To do this, head to: http://localhost:3000/admin/databases/

<details>
  <summary>Refresh data warehouse in Metabase</summary>

  ![Refresh data warehouse in Metabase](./docs/metabase-refresh.webp)

</details>

#### Adding custom maps to Metabase

Metabase by default only ship with [US and World map](https://www.metabase.com/docs/latest/questions/visualizations/map).

To add Australian regions to the map visualization:

- Head to http://localhost:3000/admin/settings/maps
- Click on `Add a map`
- Name the map "Australian Local Government Area" with the URL
https://raw.githubusercontent.com/sglkc/ardd-data-warehouse/refs/heads/master/docs/geojson/LGA_2021_AUST_GDA94.json
- Then follow the image below.

<details>
  <summary>Loading custom maps in Metabase</summary>

  ![Loading custom maps in Metabase](./docs/metabase-maps.webp)

</details>

### dlt

The project utilizes [dlt](https://dlthub.com/) (data load tool) to extract file datasets into the data warehouse bronze layer.
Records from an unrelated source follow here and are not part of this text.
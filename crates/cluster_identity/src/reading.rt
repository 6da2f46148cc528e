//! An identity, read from the text that means it.

ghost use Rattle.std.specs.Prelude.{◌≡◌, ◌*◌, ℕ, List, length, Some, Ok, Err, None, map, option_map, codes, IfOk, IfErr, IfSome, IsSome, IsTrue, MatchResult, IsUtf8};
ghost use Rattle.serde_json.specs.View.{view, items_view};
ghost use Rattle.cluster_identity.specs.declared.fault.IdentityFault.TheVariants.{OutOfMemory};
ghost use Rattle.cluster_identity.specs.declared.file_mark.FileMark.{FileMark as Mark};
ghost use Rattle.cluster_identity.specs.Identities.{HasBytes, Spells, MeansIdentity, TellsIdentity, TellsMark, number_at, text_at, array_at, is_node_count};
ghost use Rattle.cluster_identity.specs.Readings.{ReadsIdentity, ReadsMarks, ReadsText};

use crate::fault::IdentityFault;
use crate::file_mark::FileMark;
use crate::identity::Identity;
use hex::FromHex;
use serde_json::Value;
use std::alloc::{AllocError, Global};
use std::str::from_utf8;

/// The value that a text is.
fn value_of(alloc: Global, text: &[u8]) -> Result<Option<Value>, AllocError>
    ensures read { IfOk result (ReadsText text.now) }
    ensures memory { IfErr result (λ _. IsUtf8 text.now) }
{
    let Ok(text) = from_utf8(text) else {
        return Ok(None);
    };
    match Value::from_str(alloc, text) {
        Ok(value) => Ok(Some(value)),
        Err(error) if error.is_memory() => Err(AllocError),
        Err(_) => Ok(None),
    }
}

/// The whole number at a name of an object.
fn number_at(value: &Value, name: &str) -> Option<u64>
    ensures { result ≡ number_at name.now (view value.now) }
{
    value.get(name).and_then(Value::as_u64)
}

/// The items of the array at a name of an object.
fn array_at<'a>(value: &'a Value, name: &str) -> Option<&'a Vec<Value>>
    ensures { option_map (λ items. items_view items.now.items) result ≡ array_at name.now (view value.now) }
{
    value.get(name).and_then(Value::as_array)
}

/// The bytes that so many lower-case digits spell.
#[tactic(auto, using(crate::proofs::Digits::decoded))]
fn bytes_of<const N: usize, const DIGITS: usize>(digits: &str) -> Option<[u8; N]>
    requires { DIGITS ≡ 2 * N }
    ensures read { IfSome result (Spells digits.now N) }
    ensures only { (bytes : List ℕ) → Spells digits.now N bytes → result ≡ Some bytes }
{
    let bytes = <[u8; N] as FromHex>::from_hex(digits).ok()?;
    let mut spelled = [0; DIGITS];
    hex::encode_to_slice(bytes, &mut spelled).ok()?;
    if digits.as_bytes() == spelled.as_slice() {
        Some(bytes)
    } else {
        None
    }
}

/// The bytes that stand at a name, in so many lower-case digits.
fn bytes_at<const N: usize, const DIGITS: usize>(value: &Value, name: &str) -> Option<[u8; N]>
    requires { DIGITS ≡ 2 * N }
    ensures read { IfSome result (HasBytes (view value.now) name.now N) }
    ensures only { (bytes : List ℕ) → HasBytes (view value.now) name.now N bytes → result ≡ Some bytes }
{
    match value.get(name).and_then(Value::as_str) {
        Some(digits) => bytes_of::<N, DIGITS>(digits),
        None => None,
    }
}

/// The mark that an object tells.
fn mark_of(value: &Value) -> Option<FileMark>
    ensures read { IfSome result (TellsMark (view value.now)) }
    ensures only { (mark : Mark) → TellsMark (view value.now) mark → result ≡ Some mark }
{
    let length = number_at(value, "length")?;
    let digest = bytes_at::<32, 64>(value, "sha256")?;
    Some(FileMark { length, digest })
}

/// The marks that these values tell, in order.
fn marks_of(alloc: Global, values: &[Value]) -> Result<Option<Vec<FileMark>>, AllocError>
    ensures { IfOk result (ReadsMarks (map view values.now)) }
{
    let mut marks = Vec::new(alloc);
    for value in values {
        match mark_of(value) {
            Some(mark) => marks.push(mark)?,
            None => return Ok(None),
        }
    }
    Ok(Some(marks))
}

/// The identity of these parts, where there is a mark for each of so many members.
fn identity_of(members: u64, id: [u8; 16], files: Vec<FileMark>) -> Option<Identity>
    ensures made { IfSome result
        (λ identity. (identity.members ≡ members) × (identity.id ≡ id) × (identity.files.items ≡ files.items)) }
    ensures only { IsTrue (is_node_count members) → length files.items ≡ members → IsSome result }
{
    let identity = Identity::new(id, files)?;
    if u64::from(identity.members) == members {
        Some(identity)
    } else {
        None
    }
}

/// The identity that a value tells.
fn identity_in(alloc: Global, value: &Value) -> Result<Option<Identity>, AllocError>
    ensures { IfOk result (ReadsIdentity (view value.now)) }
{
    let Some(members) = number_at(value, "members") else {
        return Ok(None);
    };
    let Some(id) = bytes_at::<16, 32>(value, "id") else {
        return Ok(None);
    };
    let Some(values) = array_at(value, "files") else {
        return Ok(None);
    };
    match marks_of(alloc, values)? {
        Some(files) => Ok(identity_of(members, id, files)),
        None => Ok(None),
    }
}

/// The identity that a text means.
///
/// The text is a JSON object (RFC 8259) with a whole number `members`, 3 or 5, an `id` of 16 bytes and an array
/// `files` with an object for each member, which has a whole number `length` of 64 bits and a `sha256` of 32 bytes.
/// Bytes are lower-case hexadecimal digits (RFC 4648, section 8). Other members of the objects are passed over, and
/// of two members of one name the last one counts. Such a text means one identity, and that is read. Any other text
/// is [`IdentityFault::NotIdentity`], and no such text is. The only other fault is [`IdentityFault::OutOfMemory`],
/// and only of a text that is UTF-8.
pub fn read_identity(alloc: Global, text: &[u8]) -> Result<Identity, IdentityFault>
    ensures read { IfOk result
        (λ identity. MeansIdentity text.now identity.members identity.id identity.files.items) }
    ensures only { (members : ℕ) (id : List ℕ) (files : List Mark) → MeansIdentity text.now members id files
        → MatchResult result
        (λ identity. (identity.members ≡ members) × (identity.id ≡ id) × (identity.files.items ≡ files))
        (λ fault. fault ≡ OutOfMemory) }
    ensures memory { result ≡ Err OutOfMemory → IsUtf8 text.now }
{
    let value = match value_of(alloc, text) {
        Ok(Some(value)) => value,
        Ok(None) => return Err(IdentityFault::NotIdentity),
        Err(_) => return Err(IdentityFault::OutOfMemory),
    };
    match identity_in(alloc, &value) {
        Ok(Some(identity)) => Ok(identity),
        Ok(None) => Err(IdentityFault::NotIdentity),
        Err(_) => Err(IdentityFault::OutOfMemory),
    }
}
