//! The calls of `proto_fields`, `proto_messages` and `grpc_frames` of which rows cannot tell: readers and writers that
//! fail, long inputs, a message of our own, and bytes that are shared.

mod appended;
mod frame_streams;
mod frames;
mod lent;
mod one_encoding;
mod refused_memory;
mod samples;
mod shared_bytes;
mod texts;
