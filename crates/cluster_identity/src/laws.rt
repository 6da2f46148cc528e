//! Laws of the definitions that the functions are proved against.

ghost use Rattle.std.specs.Prelude.{◌≡◌, ℕ, ◌≤◌, ◌++◌, List, length};
ghost use Rattle.cluster_identity.specs.Marks.{first_part, last_part};
ghost use Rattle.cluster_identity.specs.declared.file_mark.FileMark.{FileMark as Mark};
ghost use Rattle.cluster_identity.specs.Identities.{MeansIdentity};
ghost use Rattle.cluster_identity.specs.IdentityTexts.{IsIdentity, identity_text};

/// The first part that is digested is what the bytes begin with, and the last one is what they end with.
pub fn parts_are_the_ends()
    ensures first { (bytes : List ℕ) → (rest : List ℕ) × (bytes ≡ first_part bytes ++ rest) }
    ensures last { (bytes : List ℕ) → (before : List ℕ) × (bytes ≡ before ++ last_part bytes) }
    ensures all { (bytes : List ℕ) → length bytes ≤ 4096 → (first_part bytes ≡ bytes) × (last_part bytes ≡ bytes) }
    ensures most { (bytes : List ℕ) → 4096 ≤ length bytes
        → (length (first_part bytes) ≡ 4096) × (length (last_part bytes) ≡ 4096) }
{}

/// A text means one identity at most.
pub fn identities_are_one()
    ensures { (text : List ℕ) (m n : ℕ) (i j : List ℕ) (f g : List Mark) → MeansIdentity text m i f
        → MeansIdentity text n j g → (m ≡ n) × (i ≡ j) × (f ≡ g) }
{}

/// The text that is written of an identity means it.
pub fn texts_are_read_back()
    ensures { (members : ℕ) (id : List ℕ) (files : List Mark) → IsIdentity members id files
        → MeansIdentity (identity_text members id files) members id files }
{}
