//! The identity of a cluster.

ghost use Rattle.std.specs.Prelude.{◌≡◌, ◌↔◌, IfSome, IsSome, IsTrue, length};
ghost use Rattle.cluster_identity.specs.Identities.{is_node_count};

use crate::file_mark::FileMark;

/// What a cluster's folder says of itself.
#[derive(Debug, PartialEq, Eq, Drop)]
pub struct Identity {
    /// How many nodes the cluster has, 3 or 5.
    pub members: u8,
    /// The cluster's name: bytes drawn at random when it first started.
    pub id: [u8; 16],
    /// The mark of each node's file of records, in the order of the nodes' numbers.
    pub files: Vec<FileMark>,
    ghost counted: { IsTrue (is_node_count members) },
    ghost one_each: { length files.items ≡ members },
}

impl Identity {
    /// The identity of a cluster that is named so, of as many nodes as there are marks of their files. `None` where
    /// these are neither 3 nor 5.
    pub fn new(id: [u8; 16], files: Vec<FileMark>) -> Option<Identity>
        ensures made { IsSome result ↔ IsTrue (is_node_count (length files.items)) }
        ensures named { IfSome result (λ identity. identity.id ≡ id) }
        ensures marked { IfSome result (λ identity. identity.files.items ≡ files.items) }
    {
        let members = match files.len() {
            3 => 3,
            5 => 5,
            _ => return None,
        };
        Some(Identity { members, id, files })
    }
}
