//! Conformance tests of `grpc_frames`, `proto_fields` and `proto_messages`, of which rows cannot tell: readers and writers
//! that fail, long inputs, bytes that are shared, and messages with a field of every kind. Rows are told as stories,
//! in `wire_stories`.
//!
//! The crate has no code but tests, so that what is proved below is not proved again with them.
#![tactic(auto)]

#[cfg(test)]
mod sample;
#[cfg(test)]
mod tests;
To load the source datasets into the data warehouse, run the following script with additional source name:

```sh
./dlt.sh <all|fatalities-jun|fatalities-jul|lga|ra|sa4|dwellings|population>
```

### SQLMesh

As for the transform and load (TL) process, the project uses [SQLMesh](https://sqlmesh.readthedocs.io/en/stable/) in the silver and gold layer.
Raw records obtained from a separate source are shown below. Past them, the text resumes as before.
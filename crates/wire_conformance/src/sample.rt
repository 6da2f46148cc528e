//! Two messages of our own with a field of every kind of number and of bytes, read and written by the public calls of
//! `proto_messages` and `proto_fields` alone.

use proto_fields::{
    ContentRef, WireFault, bool_of, bytes_of, check_bytes, check_number, check_string, enum_of,
    int64_of, string_of, uint64_of,
};
use proto_messages::{
    CanonicalMessage, ProtoMessage, append_bool, append_bytes, append_enum, append_int64,
    append_string, append_strings, append_uint64, push_string, strip_bool, strip_bytes, strip_enum,
    strip_int64, strip_string, strip_strings, strip_uint64,
};
use std::alloc::{AllocError, Global};

/// A field of each kind of number.
#[derive(Drop)]
pub struct Numbers {
    /// An enumeration, field 1.
    pub kind: i32,
    /// An int64, field 2.
    pub change: i64,
    /// A uint64, field 3.
    pub count: u64,
    /// A bool, field 4.
    pub is_last: bool,
}

/// A field of each kind of bytes.
#[derive(Drop)]
pub struct ByteFields {
    /// Bytes, field 1.
    pub payload: Vec<u8>,
    /// A string, field 2.
    pub name: String,
    /// Repeated strings, field 3.
    pub tags: Vec<String>,
}

impl ProtoMessage for Numbers {
    ghost use Rattle.std.proofs.Common.{rules};
    ghost use Rattle.wire_conformance.specs.Sample.{numbers_descriptor};

    ghost descriptor = { numbers_descriptor };

    ghost values = { λ m. (m.kind, (m.change, (m.count, (m.is_last, tt)))) };

    fn empty(_alloc: Global) -> Numbers {
        Numbers {
            kind: 0,
            change: 0,
            count: 0,
            is_last: false,
        }
    }

    fn check_field(number: u32, content: ContentRef<'_>) -> Result<(), WireFault> {
        match number {
            1 | 2 | 3 | 4 => check_number(content),
            _ => Ok(()),
        }
    }

    fn take(
        &mut self,
        _alloc: Global,
        number: u32,
        content: ContentRef<'_>,
    ) -> Result<(), WireFault> {
        match number {
            1 => self.kind = enum_of(content)?,
            2 => self.change = int64_of(content)?,
            3 => self.count = uint64_of(content)?,
            4 => self.is_last = bool_of(content)?,
            _ => {}
        }
        Ok(())
    }

    #[tactic(auto, using(proto_messages::proofs::CallerLemmas::chains))]
    fn append(&self, out: &mut Vec<u8>) -> Result<(), AllocError> {
        append_enum(out, 1, self.kind)?;
        append_int64(out, 2, self.change)?;
        append_uint64(out, 3, self.count)?;
        append_bool(out, 4, self.is_last)?;
        Ok(())
    }

    ghost rises = { Prim.search rules };
}

impl CanonicalMessage for Numbers {
    #[tactic(auto, using(proto_messages::proofs::CallerLemmas::strips))]
    fn strip<'a>(&self, bytes: &'a [u8]) -> Option<&'a [u8]> {
        let bytes = strip_enum(bytes, 1, self.kind)?;
        let bytes = strip_int64(bytes, 2, self.change)?;
        let bytes = strip_uint64(bytes, 3, self.count)?;
        strip_bool(bytes, 4, self.is_last)
    }
}

impl ProtoMessage for ByteFields {
    ghost use Rattle.std.proofs.Common.{rules};
    ghost use Rattle.wire_conformance.specs.Sample.{words_descriptor};
    ghost use Rattle.std.specs.Prelude.{map};
    ghost use Rattle.std.specs.String.{string_bytes};

    ghost descriptor = { words_descriptor };

    ghost values = { λ m. (m.payload.items, (string_bytes m.name, (map string_bytes m.tags.items, tt))) };

    fn empty(alloc: Global) -> ByteFields {
        ByteFields {
            payload: Vec::new(alloc),
            name: String::new(alloc),
            tags: Vec::new(alloc),
        }
    }

    fn check_field(number: u32, content: ContentRef<'_>) -> Result<(), WireFault> {
        match number {
            1 => check_bytes(content),
            2 | 3 => check_string(content),
            _ => Ok(()),
        }
    }

    fn take(
        &mut self,
        alloc: Global,
        number: u32,
        content: ContentRef<'_>,
    ) -> Result<(), WireFault> {
        match number {
            1 => self.payload = bytes_of(alloc, content)?,
            2 => self.name = string_of(alloc, content)?,
            3 => push_string(alloc, &mut self.tags, content)?,
            _ => {}
        }
        Ok(())
    }

    #[tactic(auto, using(proto_messages::proofs::CallerLemmas::chains))]
    fn append(&self, out: &mut Vec<u8>) -> Result<(), AllocError> {
        append_bytes(out, 1, &self.payload)?;
        append_string(out, 2, &self.name)?;
        append_strings(out, 3, &self.tags)?;
        Ok(())
    }

    ghost rises = { Prim.search rules };
}

impl CanonicalMessage for ByteFields {
    #[tactic(auto, using(proto_messages::proofs::CallerLemmas::strips))]
    fn strip<'a>(&self, bytes: &'a [u8]) -> Option<&'a [u8]> {
        let bytes = strip_bytes(bytes, 1, &self.payload)?;
        let bytes = strip_string(bytes, 2, &self.name)?;
        strip_strings(bytes, 3, &self.tags)
    }
}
To apply model changes to the data warehouse, run the following script:

```
./sqlmesh.sh
```

## Troubleshooting

If you encountered `Failed to build psycopg2==2.9.10` on uv sync, you must install the libpq library to build it.

```sh
sudo apt-get install libpq-dev
```

## Expanding the project

There are more publicly available datasets from Australian Bureau of Statistics that may be used to expand this project to a larger data warehouse:

https://www.abs.gov.au/statistics

The [population datasets](https://www.abs.gov.au/statistics/people/population) are very helpful to know territory populations and death counts.

## License

You may contribute or fork this repository, please feel free to use this to learn!